Si ces usagers "ne peuvent pas s'injecter dans la rue, ni à domicile puisqu'il n'en ont pas, il leur faut un endroit pour le faire", poursuit Mme Latour: "Consommer est une nécessité qui s'impose à eux et non un loisir".

Comme la municipalité écologiste, élue en 2020, elle défend la création d'une Halte soins addiction (HSA), nouveau nom des établissements souvent surnommés +salles de shoot+.

Expérimentées à Paris et Strasbourg depuis 2016, elles permettent de consommer dans un environnement sécurisé. Lille, qui "fait face à une recrudescence" du crack selon sa maire socialiste Martine Aubry, veut aussi en ouvrir une.

A Bordeaux, la précédente majorité de droite, époque Alain Juppé, avait développé un tel projet mais a "brutalement fait marche arrière" en 2018, alors que "tout était prêt: le financement, le dispositif, le lieu", souligne Amine Smihi.

"On a déjà l'argent public, qui dort sur un compte", confirme Véronique Latour, de La CASE.

Plutôt qu'un seul "gros centre", la mairie envisage "plusieurs petites unités décentralisées" ainsi qu'un "dispositif mobile".

"Prématuré", lui a répondu par courrier la préfète Fabienne Buccio.

C'est un "problème politique", juge Pierre Barc. "Le ministère de l'Intérieur veut faire la guerre à la drogue et non pas aller vers l'accompagnement".

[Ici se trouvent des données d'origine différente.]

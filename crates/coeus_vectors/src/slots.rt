//! Polynomials modulo t as slots, and as bytes.

use crate::cases::{BadCase, Case, degree_of};
use crate::lines::{put, put_bytes, put_poly, put_text, put_words};
use co_ring::Modulus;
use co_slots::{ByteFault, decode_bytes, decode_slots, encode_bytes, encode_slots};

/// The line of a case, behind the name of its call.
pub fn line(case: Case) -> Result<String, BadCase> {
    let mut line = String::new(case.alloc);
    match case.call() {
        "encode" => put_encoded(&mut line, case)?,
        "decode" => put_decoded(&mut line, case)?,
        "encode_bytes" => put_payload(&mut line, case)?,
        "decode_bytes" => put_payload_bytes(&mut line, case)?,
        _ => return Err(BadCase::Unfit),
    }
    Ok(line)
}

fn put_encoded(line: &mut String, case: Case) -> Result<(), BadCase> {
    let slots = case.residues(Modulus::Plain, "slots")?;
    let poly = encode_slots(case.alloc, degree_of(slots.len())?, &slots)?;
    Ok(put_poly(line, &poly)?)
}

fn put_decoded(line: &mut String, case: Case) -> Result<(), BadCase> {
    let poly = case.poly(Modulus::Plain, "poly")?;
    let slots = decode_slots(case.alloc, &poly)?;
    Ok(put_words(line, &slots)?)
}

fn put_payload(line: &mut String, case: Case) -> Result<(), BadCase> {
    let bytes = case.bytes("bytes")?;
    let degree = degree_of(bytes.len() / 2)?;
    if bytes.len() % 2 == 1 {
        return Err(BadCase::Unfit);
    }
    let poly = encode_bytes(case.alloc, degree, &bytes)?;
    Ok(put_poly(line, &poly)?)
}

/// The bytes, or the first place that spells none.
fn put_payload_bytes(line: &mut String, case: Case) -> Result<(), BadCase> {
    let poly = case.poly(Modulus::Plain, "poly")?;
    match decode_bytes(case.alloc, &poly) {
        Ok(bytes) => Ok(put_bytes(case.alloc, line, bytes.as_slice())?),
        Err(fault) => put_fault(line, fault),
    }
}

/// The fault of a polynomial that is no bytes.
pub fn put_fault(line: &mut String, fault: ByteFault) -> Result<(), BadCase> {
    let ByteFault::NotByte { place } = fault else {
        return Err(BadCase::OutOfMemory);
    };
    put_text(line, "not byte")?;
    put(line, place as u128)?;
    Ok(())
}
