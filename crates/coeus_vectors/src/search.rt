//! Searches of a library over a link to its own session: how they end, what they exchange, and how
//! far their streams then are.

ghost use Rattle.std.specs.Prelude.{◌≡◌, true};

use crate::cases::{BadCase, Case};
use crate::lines::{put, put_digest, put_numbers, put_text};
use crate::session::loaded;
use crate::streams::{Given, Stand};
use co_client::{SearchFault, search};
use co_link::{Exchange, FailNth, FailingCalls, Link, Target};
use co_server::{Loaded, LocalLink, Runs};
use co_text::{Found, render};
use rand_core::SeedableRng;
use rand_xoshiro::SplitMix64;
use std::alloc::{AllocError, Global};

/// The line of a case, behind the name of its call.
pub fn line<R: Runs>(rt: &R, case: Case) -> Result<String, BadCase>
    requires { R.is_shared }
{
    let mut line = String::new(case.alloc);
    let loaded = loaded(case)?;
    put_search(rt, &mut line, case, &loaded)?;
    Ok(line)
}

/// A search whose words come from the stream of the case.
fn put_search<R: Runs>(
    rt: &R,
    line: &mut String,
    case: Case,
    loaded: &Loaded,
) -> Result<(), BadCase>
    requires { R.is_shared }
{
    match case.text("stream") {
        "zero" => put_drawn(rt, line, case, loaded, &mut Given::new(&[])),
        seed => {
            let mut words = SplitMix64::seed_from_u64(seed.parse().unwrap_or(0));
            put_drawn(rt, line, case, loaded, &mut words)
        }
    }
}

/// A search over a link that makes all its exchanges, or over one whose fourth exchange fails.
fn put_drawn<R: Runs, W: Stand>(
    rt: &R,
    line: &mut String,
    case: Case,
    loaded: &Loaded,
    words: &mut W,
) -> Result<(), BadCase>
    requires { R.is_shared }
{
    match case.call() {
        "search" | "trace" => {
            let mut link = LocalLink::new(rt, case.alloc, loaded, 2);
            put_end(line, case, &mut link, words)?;
            put_exchanges(case, line, link.exchanges())?;
        }
        "cut" => {
            let fourth = FailingCalls::new(vec![in case.alloc; 3; 1]?);
            let link = LocalLink::new(rt, case.alloc, loaded, 2);
            let mut cut = FailNth::new(case.alloc, link, fourth);
            put_end(line, case, &mut cut, words)?;
            put_exchanges(case, line, cut.inner().exchanges())?;
        }
        _ => return Err(BadCase::Unfit),
    }
    Ok(put(line, words.stand() as u128)?)
}

/// How a search ends.
fn put_end<K: Link, W: Stand>(
    line: &mut String,
    case: Case,
    link: &mut K,
    words: &mut W,
) -> Result<(), BadCase>
    requires { K.is_ready link.old ≡ true }
{
    let pick = case.number("pick");
    if pick < 1 || pick > 64 {
        return Err(BadCase::Unfit);
    }
    match search(case.alloc, link, words, case.text("query"), pick) {
        Ok(found) => Ok(put_found(case.alloc, line, &found)?),
        Err(fault) => put_refusal(line, &fault),
    }
}

/// The length and the digest of the text of an answer.
fn put_found(alloc: Global, line: &mut String, found: &Found) -> Result<(), AllocError> {
    let text = render(alloc, found)?;
    put_text(line, "answer")?;
    put(line, text.len() as u128)?;
    put_digest(alloc, line, text.as_slice())
}

fn put_refusal(line: &mut String, fault: &SearchFault) -> Result<(), BadCase> {
    match fault {
        SearchFault::NoPlacement { documents, buckets } => {
            put_text(line, "unplaced documents")?;
            put_numbers(line, documents.as_slice())?;
            put_text(line, "buckets")?;
            put_numbers(line, buckets.as_slice())?;
            Ok(())
        }
        SearchFault::Link => Ok(put_text(line, "link")?),
        SearchFault::OutOfMemory => Err(BadCase::OutOfMemory),
        _ => Err(BadCase::Unfit),
    }
}

/// The target of each exchange, and what a case wants of the rest: a trace wants lengths.
fn put_exchanges(case: Case, line: &mut String, exchanges: &[Exchange]) -> Result<(), AllocError> {
    for exchange in exchanges {
        put_target(line, exchange.request.target)?;
        match case.call() {
            "trace" => put_lengths(line, exchange)?,
            _ => put_digests(case.alloc, line, exchange)?,
        }
    }
    Ok(())
}

fn put_target(line: &mut String, target: Target) -> Result<(), AllocError> {
    let name = match target {
        Target::Public => "public",
        Target::Keys => "keys",
        Target::Score => "score",
        Target::Meta => "meta",
        Target::Document => "document",
    };
    put_text(line, name)
}

/// The length of a request, and status and length of its reply.
fn put_lengths(line: &mut String, exchange: &Exchange) -> Result<(), AllocError> {
    put(line, exchange.request.body.len() as u128)?;
    put(line, exchange.reply.status as u128)?;
    put(line, exchange.reply.body.len() as u128)
}

/// The status of a reply, and the digests of both bodies.
fn put_digests(alloc: Global, line: &mut String, exchange: &Exchange) -> Result<(), AllocError> {
    put(line, exchange.reply.status as u128)?;
    put_digest(alloc, line, exchange.request.body.as_slice())?;
    put_digest(alloc, line, exchange.reply.body.as_slice())
}
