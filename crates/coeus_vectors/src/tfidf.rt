//! Weights and the index.

use crate::cases::{BadCase, Case};
use crate::lines::{put, put_text};
use crate::text::put_terms;
use co_corpus::{Corpus, read_corpus};
use co_tfidf::{build_index, quarter_bits};
use std::alloc::AllocError;

/// The line of a case, behind the name of its call.
pub fn line(case: Case) -> Result<String, BadCase> {
    let mut line = String::new(case.alloc);
    match case.call() {
        "quarter_bits" => put_quarter_bits(&mut line, case)?,
        "index" => put_index(&mut line, case)?,
        _ => return Err(BadCase::Unfit),
    }
    Ok(line)
}

fn put_quarter_bits(line: &mut String, case: Case) -> Result<(), BadCase> {
    let documents = case.number("documents");
    let frequency = case.number("frequency");
    if frequency == 0 || frequency > documents || documents > 65_536 {
        return Err(BadCase::Unfit);
    }
    put(line, quarter_bits(documents, frequency) as u128)?;
    Ok(())
}

/// The corpus whose lines a field holds.
pub fn corpus(case: Case) -> Result<Corpus, BadCase> {
    match read_corpus(case.alloc, case.text("corpus").as_bytes()) {
        Ok(corpus) => Ok(corpus),
        Err(_) => return Err(BadCase::Unfit),
    }
}

/// The vocabulary, and then its weights.
fn put_index(line: &mut String, case: Case) -> Result<(), BadCase> {
    let index = build_index(case.alloc, &corpus(case)?, case.number("terms"))?;
    put_terms(line, &index.terms)?;
    put_text(line, "weights")?;
    put_weights(line, index.weights.as_slice())?;
    Ok(())
}

/// Term, document and weight of each entry.
pub fn put_weights(line: &mut String, weights: &[(u32, u32, u16)]) -> Result<(), AllocError> {
    for (term, document, weight) in weights {
        write!(line, " {term} {document} {weight}")?;
    }
    Ok(())
}
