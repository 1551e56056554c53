//! Where the random words of a case come from: words that it lists, with zeros behind them, or
//! SplitMix64.

ghost use Rattle.rand_core.specs.Steps.{stream_of, steps_u64_low};
ghost use Rattle.coeus_vectors.specs.Given.{next_of};

use crate::cases::{BadCase, Case};
use crate::{bfv, switch};
use rand_core::utils::NextWord;
use rand_core::{Rng, SeedableRng, utils};
use rand_xoshiro::SplitMix64;
use std::marker::Model;

/// A number that tells how far a generator has gone.
pub trait Stand: Rng {
    fn stand(&self) -> u64;
}

/// Given words, and then zeros. A contract sees the words that are left.
#[derive(Drop)]
pub struct Given<'a> {
    left: &'a [u64],
    taken: u64,
}

impl<'a> Model for Given<'a> {
    ghost use Rattle.std.specs.Prelude.{ℕ, List};

    ghost Value = { List ℕ };

    ghost view = { λ g. g.left.now };
}

impl<'a> Given<'a> {
    /// A generator that gives these words, and then zeros.
    pub fn new(words: &'a [u64]) -> Self {
        Given {
            left: words,
            taken: 0,
        }
    }
}

impl<'a> NextWord<u64> for Given<'a> {
    ghost step = { next_of };

    fn next_word(&mut self) -> u64 {
        self.taken = self.taken.wrapping_add(1);
        match self.left {
            [word, rest @ ..] => {
                self.left = rest;
                *word
            }
            [] => 0,
        }
    }
}

impl<'a> Rng for Given<'a> {
    ghost stream = { stream_of (steps_u64_low next_of) };

    fn next_u32(&mut self) -> u32 {
        (self.next_word() % 4_294_967_296) as u32
    }

    fn next_u64(&mut self) -> u64 {
        self.next_word()
    }

    fn fill_bytes(&mut self, dst: &mut [u8]) {
        utils::fill_bytes_via_u64(self, dst)
    }
}

impl<'a> Stand for Given<'a> {
    /// The words taken.
    fn stand(&self) -> u64 {
        self.taken
    }
}

impl Stand for SplitMix64 {
    /// The next word.
    fn stand(&self) -> u64 {
        SplitMix64::from_seed(self.state()).next_u64()
    }
}

/// Moves a generator on by so many words.
pub fn skip<R: Rng>(rng: &mut R, words: u32) {
    for _ in 0..words {
        rng.next_u64();
    }
}

/// The line of a case whose words come from its stream.
pub fn line(layer: &str, case: Case) -> Result<String, BadCase> {
    match case.text("stream") {
        "given" => {
            let words = case.words("words")?;
            line_of(layer, case, &mut Given::new(&words))
        }
        seed => {
            let mut words = SplitMix64::seed_from_u64(seed.parse().unwrap_or(0));
            line_of(layer, case, &mut words)
        }
    }
}

fn line_of<R: Stand>(layer: &str, case: Case, rng: &mut R) -> Result<String, BadCase> {
    match layer {
        "bfv" => bfv::line(case, rng),
        _ => switch::line(case, rng),
    }
}
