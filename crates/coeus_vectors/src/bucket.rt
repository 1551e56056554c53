//! Buckets, candidates, lists and placements.

ghost use Rattle.std.specs.Prelude.{◌<◌, IsTrue};
ghost use Rattle.std.specs.List.{All};

use crate::cases::{BadCase, Case};
use crate::lines::{put, put_numbers, put_text};
use co_bucket::{
    MOST_ITEMS, PlaceFault, bucket_lists, buckets, candidates, place, record_rows, rows_needed,
};
use std::alloc::AllocError;

/// The line of a case, behind the name of its call.
pub fn line(case: Case) -> Result<String, BadCase> {
    let mut line = String::new(case.alloc);
    match case.call() {
        "buckets" => put_buckets(&mut line, case)?,
        "candidates" => put_candidates(&mut line, case)?,
        "lengths" => put_lists(&mut line, case, false)?,
        "lists" => put_lists(&mut line, case, true)?,
        "place" => put_placement(&mut line, case)?,
        _ => return Err(BadCase::Unfit),
    }
    Ok(line)
}

fn put_buckets(line: &mut String, case: Case) -> Result<(), BadCase> {
    for hits in case.numbers("hits")?.iter() {
        if *hits == 0 || *hits as usize > MOST_ITEMS {
            return Err(BadCase::Unfit);
        }
        put(line, buckets(*hits) as u128)?;
    }
    Ok(())
}

fn put_candidates(line: &mut String, case: Case) -> Result<(), BadCase> {
    let buckets = case.number("buckets");
    if buckets == 0 {
        return Err(BadCase::Unfit);
    }
    let found = candidates(case.number("salt"), buckets, case.number("document"));
    put_numbers(line, &found)?;
    Ok(())
}

/// The rows of records that are needed, by both calls, and the lists, or their lengths.
fn put_lists(line: &mut String, case: Case, whole: bool) -> Result<(), BadCase> {
    let hits = case.number("hits");
    if hits == 0 || hits as usize > MOST_ITEMS {
        return Err(BadCase::Unfit);
    }
    let (degree, salt) = (case.number("degree"), case.number("salt"));
    let documents = case.number("documents");
    let count = buckets(hits);
    let lists = bucket_lists(case.alloc, salt, count, documents)?;
    put(line, record_rows(&lists, degree) as u128)?;
    put(line, rows_needed(degree, documents, hits, salt) as u128)?;
    for bucket in 0..count {
        let list = lists.list(bucket);
        put_text(line, ":")?;
        if whole {
            put_numbers(line, list)?;
        } else {
            put(line, list.len() as u128)?;
        }
    }
    Ok(())
}

/// The candidates that a field lists, three numbers an item.
fn rows(case: Case) -> Result<Vec<[u32; 3]>, AllocError> {
    let numbers = case.numbers("candidates")?;
    let mut all = Vec::new(case.alloc);
    for row in numbers.chunks_exact(3) {
        if let [first, second, third] = row {
            all.push([*first, *second, *third])?;
        }
    }
    Ok(all)
}

fn are_below(rows: &[[u32; 3]], buckets: u32) -> bool
    ensures { IsTrue result → All (All (λ b. b < buckets)) rows.now }
{
    rows.iter().all(|row| row.iter().all(|b| *b < buckets))
}

/// The position of the item of each bucket, or the witness that there is no placement.
fn put_placement(line: &mut String, case: Case) -> Result<(), BadCase> {
    let rows = rows(case)?;
    let buckets = case.number("buckets");
    if rows.len() > MOST_ITEMS || !are_below(&rows, buckets) {
        return Err(BadCase::Unfit);
    }
    match place(case.alloc, &rows, buckets) {
        Ok(placement) => Ok(put_placed(line, placement.as_slice())?),
        Err(fault) => put_witness(line, &fault),
    }
}

fn put_witness(line: &mut String, fault: &PlaceFault) -> Result<(), BadCase> {
    let PlaceFault::NoPlacement { items, buckets } = fault else {
        return Err(BadCase::OutOfMemory);
    };
    put_text(line, "items")?;
    put_numbers(line, items.as_slice())?;
    put_text(line, "buckets")?;
    put_numbers(line, buckets.as_slice())?;
    Ok(())
}

fn put_placed(line: &mut String, placed: &[Option<u32>]) -> Result<(), AllocError> {
    for item in placed {
        match item {
            Some(position) => put(line, *position as u128)?,
            None => put_text(line, "-")?,
        }
    }
    Ok(())
}
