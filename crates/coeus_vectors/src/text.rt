//! The terms of a text, and of a query.

use crate::cases::{BadCase, Case};
use crate::lines::{put, put_text};
use co_text::{QueryFault, Terms, all_terms, distinct_terms, query_terms};
use std::alloc::AllocError;

/// The line of a case, behind the name of its call.
pub fn line(case: Case) -> Result<String, BadCase> {
    let mut line = String::new(case.alloc);
    match case.call() {
        "terms" => put_terms(&mut line, &all_terms(case.alloc, case.text("text"))?)?,
        "distinct" => put_distinct(&mut line, case)?,
        "query" => put_query(&mut line, case)?,
        _ => return Err(BadCase::Unfit),
    }
    Ok(line)
}

/// Terms, in order.
pub fn put_terms(line: &mut String, terms: &Terms) -> Result<(), AllocError> {
    for term in terms.as_slice() {
        put_text(line, term.as_str())?;
    }
    Ok(())
}

fn put_distinct(line: &mut String, case: Case) -> Result<(), AllocError> {
    let terms = all_terms(case.alloc, case.text("text"))?;
    put_terms(line, &distinct_terms(case.alloc, &terms)?)
}

/// The distinct terms, or how many they are, where they are too many.
fn put_query(line: &mut String, case: Case) -> Result<(), BadCase> {
    match query_terms(case.alloc, case.text("text")) {
        Ok(terms) => put_terms(line, &terms)?,
        Err(QueryFault::TooManyKeywords { found }) => {
            put_text(line, "too many:")?;
            put(line, found as u128)?;
        }
        Err(QueryFault::OutOfMemory) => return Err(BadCase::OutOfMemory),
    }
    Ok(())
}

Pour des habitués du CAARUD Planterose, une salle de consommation serait une "bonne idée".

"Bien sûr que j'irais, comme la majorité des toxicomanes. C'est mieux que de faire ça dans les coins et se faire remarquer par les gens, surtout les enfants...", dit un homme grand et maigre, qui juge aussi "rassurant" d'avoir une équipe médicale sur place.

"Ceux qui se ratent un peu pourraient avoir des conseils" dans une HSA, abonde une femme de 32 ans, séropositive, qui s'injecte de la cocaïne depuis ses 15 ans. Et "par rapport aux toilettes publiques et aux parkings", ce serait "propre".